The client for this project is a real estate company that invests in large cities by purchasing properties to rent out as vacation apartments. The managers have decided to invest in Madrid and are interested in analyzing publicly available data from the sector leader, Airbnb, to identify the types of properties with the greatest commercial potential for vacation rentals.

As the main deliverable, the management expects to receive a detailed typology of properties that the valuation team should target among the existing opportunities in the city, as well as the primary neighborhoods or geographic areas to focus on.

Objectives

The main objective is to identify the property profiles with the highest potential in the vacation rental market. This can guide the valuation team on where to start looking for such opportunities and highlight the key neighborhoods and geographical areas, which are most promising to focus on.

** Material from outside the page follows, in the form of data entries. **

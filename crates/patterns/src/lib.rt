// Lines by patterns: what a line holds, and what is printed. A capital letter of a pattern stands for a number, any other
// byte for itself.

#![tactic(auto)]

pub use page::Page;

mod page;
pub mod sums;

// The largest number that the letter of a decimal takes: a flag, one of three, a note, a handle; any other has 32 bits.
// Letters and no enum: they are the format's own text, and a pattern stands in the code as its line is printed.
fn most(letter: u8) -> u64 {
    match letter {
        b'F' => 1,
        b'T' => 2,
        b'N' => 255,
        b'H' => u64::MAX,
        _ => 0xFFFF_FFFF,
    }
}

// How many pairs of digits the text begins with, of at most 100, and what is behind them.
fn pairs(line: &[u8]) -> (u64, &[u8]) {
    let mut rest = line;
    for count in 0..100 {
        let Some((_, behind)) = text::byte(rest) else {
            return (count, rest);
        };
        rest = behind;
    }
    (100, rest)
}

// How many pairs a stream has: a dash stands for none.
fn stream(line: &[u8]) -> Option<(u64, &[u8])> {
    match pairs(line) {
        (0, _) => Some((0, line.strip_prefix(b"-")?)),
        some => Some(some),
    }
}

// By the letter, as `most`: `W` is a word, `B` a byte in two digits, `S` a stream, and any other letter a decimal.
fn number(line: &[u8], letter: u8) -> Option<(u64, &[u8])> {
    match letter {
        b'W' => text::word(line).map(|(word, rest)| (u64::from(word), rest)),
        b'B' => text::byte(line).map(|(byte, rest)| (u64::from(byte), rest)),
        b'S' => stream(line),
        _ => text::decimal(line, most(letter)),
    }
}

// The first N numbers of a line that is the pattern, in their order; where it has fewer letters, zeros behind them.
pub fn fits<const N: usize>(line: &[u8], pattern: &[u8]) -> Option<[u64; N]> {
    let mut values = [0; N];
    let mut places = values.iter_mut();
    let mut rest = line;
    for p in pattern {
        if !p.is_ascii_uppercase() {
            rest = rest.strip_prefix(&[*p])?;
            continue;
        }
        let (value, behind) = number(rest, *p)?;
        rest = behind;
        if let Some(place) = places.next() {
            *place = value;
        }
    }
    if rest.is_empty() { Some(values) } else { None }
}

// The number of a line that is the pattern, which has one letter.
pub fn fits_one(line: &[u8], pattern: &[u8]) -> Option<u64> {
    let [n] = fits::<1>(line, pattern)?;
    Some(n)
}

// Numbers of a form at their width. The letter asked for the bound, so the mask takes nothing away; without it no cast is
// proved to keep the number.

pub fn byte_of(n: u64) -> u8 {
    (n & 0xFF) as u8
}

pub fn word_of(n: u64) -> u32 {
    (n & 0xFFFF_FFFF) as u32
}

pub fn float_of(n: u64) -> f32 {
    float32::from_bits(word_of(n))
}

pub fn bits(x: f32) -> u64 {
    u64::from(float32::to_bits(x))
}
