// Checksums, the sample source, and the mark in lent places.

// Where a checksum begins.
pub const BASIS: u64 = 0xCBF2_9CE4_8422_2325;

const PRIME: u64 = 0x100_0000_01B3;

// Four bytes, least significant first.
pub fn with_float(h: u64, x: f32) -> u64 {
    let bytes = float32::to_bits(x).to_le_bytes();
    bytes
        .iter()
        .fold(h, |h, b| (h ^ u64::from(*b)).wrapping_mul(PRIME))
}

// FNV-1a over the numbers.
pub fn sum(xs: &[f32]) -> u64 {
    xs.iter().fold(BASIS, |h, x| with_float(h, *x))
}

// What a sample is made of: any pattern, a float between -1 and 1, or nothing.
#[derive(Clone, Copy)]
pub enum Source {
    Patterns,
    WithinOne,
    Zeros,
}

// The replay format names it by a number.
impl From<u64> for Source {
    fn from(n: u64) -> Source {
        match n {
            0 => Source::Patterns,
            1 => Source::WithinOne,
            _ => Source::Zeros,
        }
    }
}

// Both are floats exactly, and so is their difference.
fn within_one(x: u32) -> f32 {
    (std::num::nearest_u32_to_f32(x / 256) - 8_388_608.0) / 8_388_608.0
}

impl Source {
    fn sample(self, x: u32) -> f32 {
        match self {
            Source::Patterns => float32::from_bits(x),
            Source::WithinOne => within_one(x),
            Source::Zeros => 0.0,
        }
    }
}

fn step(x: u32) -> u32 {
    x.wrapping_mul(1_664_525).wrapping_add(1_013_904_223)
}

// The source's numbers from `seed` on.
pub fn fill(samples: &mut [f32], source: Source, seed: u32) {
    let mut x = seed;
    for sample in samples {
        x = step(x);
        *sample = source.sample(x);
    }
}

const MARK: u32 = 0x1234_5678;

pub fn mark(places: &mut [f32]) {
    places.fill(float32::from_bits(MARK));
}

// Whether every place still has the mark.
pub fn is_marked(places: &[f32]) -> bool {
    places.iter().all(|x| float32::to_bits(*x) == MARK)
}
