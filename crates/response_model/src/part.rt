//! The parts of a cost.

/// A component of a cost (IBM GraphQL Cost Directives Specification).
#[derive(Clone, Copy, Debug, PartialEq, Eq)]
pub enum Part {
    /// The cost of the types: of the values of a response.
    Types,
    /// The cost of the fields: of its entries and their arguments.
    Fields,
}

This analysis is primarily conducted in terms of rental prices, occupancy levels, and purchase prices.

Project results

The main results obtained from this Discovery Project are summarized below:

1. Ten neighborhoods with a high investment potential have been identified

  • They can be segmented into 4 groups depending on the type, quality, and property location.
  • These 4 groups, which have been identified, are the following:
    • Low cost Investment: Simancas, Ambroz, Marroquina, San Juan Bautista.
    • Medium cost investment: El Plantio, Valdemarín, Valdefuentes.
    • Medium-high cost investment: Jerónimos, Fuentela reina.
    • High cost investment: Recoletos.

2. It is recommended to search for two-bedroom properties that can accommodate 4 guests

  • The number of guests that maximize the rental price while minimizing the property's purchase price is 4.

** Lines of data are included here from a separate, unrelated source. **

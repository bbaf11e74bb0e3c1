//! Small operations, their bounds, responses and replies, computed by the definitions alone.

ghost use Rattle.std.specs.Prelude.{true, false, List, [], ◌∷◌, codes, Some, None, ◌≡◌, ◌+◌, ◌*◌, negsuc};
ghost use Rattle.serde_json.specs.Data.{null as json_null, boolean, number, string, array, unsigned, negative, object as json_object, no_items, item, no_members, member};
ghost use Rattle.response_model.specs.Plan.{single};
ghost use Rattle.response_model.specs.Response.{Tree, null, leaf, object, element, no_element, entry, no_entry, Fits, SizesKept};
ghost use Rattle.response_model.specs.Reading.{Reads, ReadsReply};
ghost use Rattle.response_model.specs.Cost.{types, fields, cost};
ghost use Rattle.response_model.specs.Bound.{IsBound, IsResponse};
ghost use Rattle.response_model.specs.Filled.{filled};
ghost use Rattle.response_model.specs.Errors.{errors_of};
ghost use Rattle.response_model.specs.ResponseText.{response_text};
ghost use Rattle.response_model.specs.Examples.{one, half, quarter, tenth, name_of_type, holds_string, added_alias, plain, text, friends_of_friends, search, asked_search, of_id, user_of_three, post_of_author, found, five, names_of_friends, befriended, named, tags_and_kind, tagged, search_reply, post_members, tags_reply, find, user_or_post, one_node, failed, unplaced, failed_json, unplaced_json};

/// Three friends of three friends: 1 + 1 + 3 + 9 values, and as field cost 1 + 1 + 3 + 9 times 0.25.
pub fn bound_of_friends()
    ensures types_cost { IsBound holds_string types friends_of_friends (14 * one) }
    ensures fields_cost { IsBound holds_string fields friends_of_friends (7 * one + quarter) }
{}

/// Five users have the greatest type cost, five posts the greatest field cost.
pub fn bound_of_search()
    ensures types_cost { IsBound holds_string types search (21 * one) }
    ensures types_attained { filled types search ≡ found (five user_of_three) }
    ensures fields_cost { IsBound holds_string fields search (21 * one) }
    ensures fields_attained { filled fields search ≡ found (five post_of_author) }
    ensures others_cost { (cost fields search (found (five user_of_three)) ≡ 6 * one) × (cost types search (found (five post_of_author)) ≡ 18 * one + half) }
{}

/// The cost of an entry's arguments is part of the field cost.
pub fn bound_with_arguments()
    ensures types_cost { IsBound holds_string types find one }
    ensures fields_cost { IsBound holds_string fields find (4 * one + half + 2 * tenth) }
{}

/// A list of any length costs what its entry costs, and `__typename` nothing.
pub fn list_of_any_length()
    ensures types_cost { IsBound holds_string types tags_and_kind one }
    ensures fields_cost { IsBound holds_string fields tags_and_kind half }
    ensures allowed { IsResponse holds_string tags_and_kind (tagged (five (leaf (string (codes "a")))) (codes "Query")) }
    ensures empty { filled fields tags_and_kind ≡ tagged no_element (codes "Query") }
{}

/// Of two types that cost the same the first fills the response.
pub fn first_of_equals()
    ensures types_attained { filled types user_or_post ≡ one_node of_id }
    ensures fields_attained { filled fields user_or_post ≡ one_node of_id }
{}

/// A null adds nothing, and stands only where the plan allows it: as the whole response, and apart from that by the form of its entry.
pub fn null_adds_nothing()
    ensures item_allowed { IsResponse holds_string search (found (element null (element post_of_author no_element))) }
    ensures types_cost { cost types search (found (element null (element post_of_author no_element))) ≡ 4 * one + half }
    ensures fields_cost { cost fields search (found (element null (element post_of_author no_element))) ≡ 5 * one }
    ensures root_allowed { IsResponse holds_string search null × (cost types search null ≡ 0) × (cost fields search null ≡ 0) }
    ensures list_allowed { IsResponse holds_string tags_and_kind (object 0 (entry (codes "tags") null (entry (codes "kind") (leaf (string (codes "Query"))) no_entry))) }
    ensures item_refused { IsResponse holds_string tags_and_kind (tagged (element null no_element) (codes "Query")) → ⊥ }
{}

/// An entry counts once, whatever the length of its list, and also where its value is null.
pub fn entry_counts_once()
    ensures three { cost fields names_of_friends (befriended (element (named (leaf (string []))) (element (named null) (element (named null) no_element)))) ≡ 2 * one + half + quarter }
    ensures none { cost fields names_of_friends (befriended no_element) ≡ 2 * one }
    ensures absent { cost fields names_of_friends (object 0 (entry (codes "user") null no_entry)) ≡ one }
{}

/// Four friends fit where three are declared, and don't keep the size; three keep it.
pub fn four_friends()
    ensures fits { Fits holds_string (single true) names_of_friends (befriended (element (named null) (element (named null) (element (named null) (element (named null) no_element))))) }
    ensures too_many { SizesKept None names_of_friends (befriended (element (named null) (element (named null) (element (named null) (element (named null) no_element))))) → ⊥ }
    ensures enough { SizesKept None names_of_friends (befriended (element (named null) (element (named null) (element (named null) no_element)))) }
{}

/// A leaf holds what its type holds, and never null: a text is no truth value, and `__typename` no name but that of its object.
pub fn leaf_holds()
    ensures null_refused { IsResponse (λ type value. true) tags_and_kind (tagged (element (leaf json_null) no_element) (codes "Query")) → ⊥ }
    ensures truth_refused { IsResponse holds_string tags_and_kind (tagged (element (leaf (boolean true)) no_element) (codes "Query")) → ⊥ }
    ensures name_refused { IsResponse holds_string tags_and_kind (tagged no_element (codes "User")) → ⊥ }
{}

/// An object is of a possible type, and has the entries of that type's nodes in their order.
pub fn object_has_its_entries()
    ensures other_type { IsResponse holds_string search (found (element (object 0 no_entry) no_element)) → ⊥ }
    ensures of_another { IsResponse holds_string user_or_post (one_node (object 2 (entry (codes "name") (leaf (string [])) no_entry))) → ⊥ }
    ensures missing { IsResponse holds_string tags_and_kind (object 0 (entry (codes "tags") null no_entry)) → ⊥ }
    ensures further { IsResponse holds_string user_or_post (object 0 (entry (codes "node") null (entry (codes "node") null no_entry))) → ⊥ }
    ensures other_order { IsResponse holds_string tags_and_kind (object 0 (entry (codes "kind") (leaf (string (codes "Query"))) (entry (codes "tags") null no_entry))) → ⊥ }
{}

/// A reply with the added alias reads as the tree without it, in the order of the nodes.
pub fn reply_read()
    ensures read { ReadsReply name_of_type added_alias search (search_reply (post_members no_members)) (found (element post_of_author (element null no_element))) }
    ensures known_types { (t : Tree) → ReadsReply name_of_type added_alias search (search_reply (member added_alias (string (codes "Query")) no_members)) t → ⊥ }
    ensures known_keys { (t : Tree) → ReadsReply name_of_type added_alias search (search_reply (post_members (member (codes "title") json_null no_members))) t → ⊥ }
    ensures all_keys { (t : Tree) → ReadsReply name_of_type added_alias search (search_reply (member added_alias (string (codes "Post")) no_members)) t → ⊥ }
    ensures in_order { ReadsReply name_of_type added_alias tags_and_kind (tags_reply (array (item json_null no_items))) (tagged (element null no_element) (codes "Query")) }
    ensures list_due { (t : Tree) → ReadsReply name_of_type added_alias tags_and_kind (tags_reply (string [])) t → ⊥ }
    ensures any_leaf { Reads name_of_type added_alias (single false) false text (array no_items) (leaf (array no_items)) }
{}

/// A response has its errors first, and then its data, without spaces.
pub fn response_texts()
    ensures data { response_text (Some (one_node null)) [] ≡ codes "{\"data\":{\"node\":null}}" }
    ensures list { response_text (Some (tagged (element (leaf (string (codes "a"))) (element null no_element)) (codes "Query"))) [] ≡ codes "{\"data\":{\"tags\":[\"a\",null],\"kind\":\"Query\"}}" }
    ensures errors { response_text None (failed ∷ unplaced ∷ []) ≡ codes "{\"errors\":[{\"message\":\"x\",\"path\":[\"search\",1]},{\"message\":\"y\"}]}" }
    ensures both { response_text (Some null) (unplaced ∷ []) ≡ codes "{\"errors\":[{\"message\":\"y\"}],\"data\":null}" }
{}

/// An error is read with its message and its path, and without its further members.
pub fn errors_read()
    ensures absent { errors_of None ≡ Some [] }
    ensures null { errors_of (Some json_null) ≡ Some [] }
    ensures empty { errors_of (Some (array no_items)) ≡ Some [] }
    ensures read { errors_of (Some (array (item (failed_json (array (item (string (codes "search")) (item (number (unsigned 1)) no_items)))) (item unplaced_json no_items)))) ≡ Some (failed ∷ unplaced ∷ []) }
    ensures below_zero { errors_of (Some (array (item (failed_json (array (item (number (negative (negsuc 0))) no_items))) no_items))) ≡ None }
    ensures no_list { errors_of (Some unplaced_json) ≡ None }
    ensures no_message { errors_of (Some (array (item (json_object no_members) no_items))) ≡ None }
{}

3. It is recommended to search for properties in one of the identified neighborhoods that are not necessarily close to points of interest

  • These properties are expected to have a lower purchase price.
  • It seems that proximity to points of interest does not have a particular impact on rental prices.

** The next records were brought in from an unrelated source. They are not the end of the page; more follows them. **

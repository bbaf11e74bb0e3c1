//! Writing the pieces of a response's text.

ghost use Rattle.std.specs.Prelude.{◌≡◌, ◌≤◌, ◌++◌, ◌∷◌, [], false, None, OnOk, string_bytes};
ghost use Rattle.serde_json.specs.Data.{depth, string};
ghost use Rattle.serde_json.specs.Read.{max_depth};
ghost use Rattle.serde_json.specs.View.{view};
ghost use Rattle.serde_json.specs.Written.{has_float, compact_text};
ghost use Rattle.response_model.specs.Errors.{pathless};
ghost use Rattle.response_model.specs.ResponseText.{key_text, response_text};
ghost use Rattle.response_model.specs.WrittenJson.{IsValueText, Appends};
ghost use Rattle.response_model.specs.AnswerTexts.{IsLeafText};

use serde_json::Value;
use std::alloc::{AllocError, Global};

/// Appends a JSON value as serde_json writes it compactly. Which digits a float has isn't said, but that they read as it.
///
/// # Errors
///
/// `AllocError` where there was not enough memory; then some part of it may have been appended.
pub fn write_value(alloc: Global, value: &Value, into: &mut String) -> Result<(), AllocError>
    ensures written { OnOk result (depth (view value.now) ≤ max_depth → Appends (IsValueText (view value.now)) (string_bytes into.old) (string_bytes into.new)) }
    ensures leaf { OnOk result (Appends (IsLeafText (view value.now)) (string_bytes into.old) (string_bytes into.new)) }
    ensures text { OnOk result (has_float (view value.now) ≡ false → string_bytes into.new ≡ string_bytes into.old ++ compact_text (view value.now)) }
{
    let text = value.to_string(alloc)?;
    into.push_str(text.as_str())
}

/// Appends a text as a JSON string.
///
/// # Errors
///
/// `AllocError` where there was not enough memory; then some part of it may have been appended.
pub fn write_string(alloc: Global, text: &str, into: &mut String) -> Result<(), AllocError>
    ensures { OnOk result (string_bytes into.new ≡ string_bytes into.old ++ compact_text (string text.now)) }
{
    let quoted = Value::String(String::from_str(alloc, text)?);
    write_value(alloc, &quoted, into)
}

/// Appends a response key as a JSON string, and a colon.
///
/// # Errors
///
/// `AllocError` where there was not enough memory; then some part of it may have been appended.
pub fn write_key(alloc: Global, key: &str, into: &mut String) -> Result<(), AllocError>
    ensures { OnOk result (string_bytes into.new ≡ string_bytes into.old ++ key_text key.now) }
{
    write_string(alloc, key, into)?;
    into.push_str(":")
}

/// Appends the text of a response that has no data and one error, with this message and no path.
///
/// # Errors
///
/// `AllocError` where there was not enough memory; then some part of it may have been appended.
pub fn write_error_response(
    alloc: Global,
    message: &str,
    into: &mut String,
) -> Result<(), AllocError>
    ensures { OnOk result (string_bytes into.new ≡ string_bytes into.old ++ response_text None (pathless message.now ∷ [])) }
{
    into.push_str("{\"errors\":[{\"message\":")?;
    write_string(alloc, message, into)?;
    into.push_str("}]}")?;
    Ok(())
}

4. A new business model based on rentals for specific moments of high sporting interest should be explored

  • It is advisable to look for opportunities in the San Blas neighborhood.
  • These properties present a particularly high cost-income ratio per night.
  • There are still many rentals that are not exploiting this potential.

Project structure

  • 📁 Datos: Project datasets.
    • 📁 Imagenes: Contains project images.
  • 📁 Notebooks:
    • 01_Diseño del proyecto.ipynb: Notebook compiling the initial design of the project.
    • 02_Analisis de ficheros y preparacion del caso.ipynb: Notebook analyzing the main data and how to obtain those.
    • 03_Creacion del Datamart Analitico.ipynb: Notebook creating analytic data mart (loading and unifying data, applying data quality processes, and so on).
    • 04_Preparacion de datos.ipynb: Notebook compilling feature engineering processes.
    • 05_Analisis e Insights.ipynb: Notebook used for the execution of the exploratory data analysis, which collects the business insights and the recommended actionable initiatives.
    • 06_Comunicacion de resultados.ipynb: Brief executive report for the communication of results using McKinsey's Exhibits methodology.

Instructions

  • Unzip airbnb.rar under 'Datos' folder.
  • Remember to update the project_path to the path where you have replicated the project.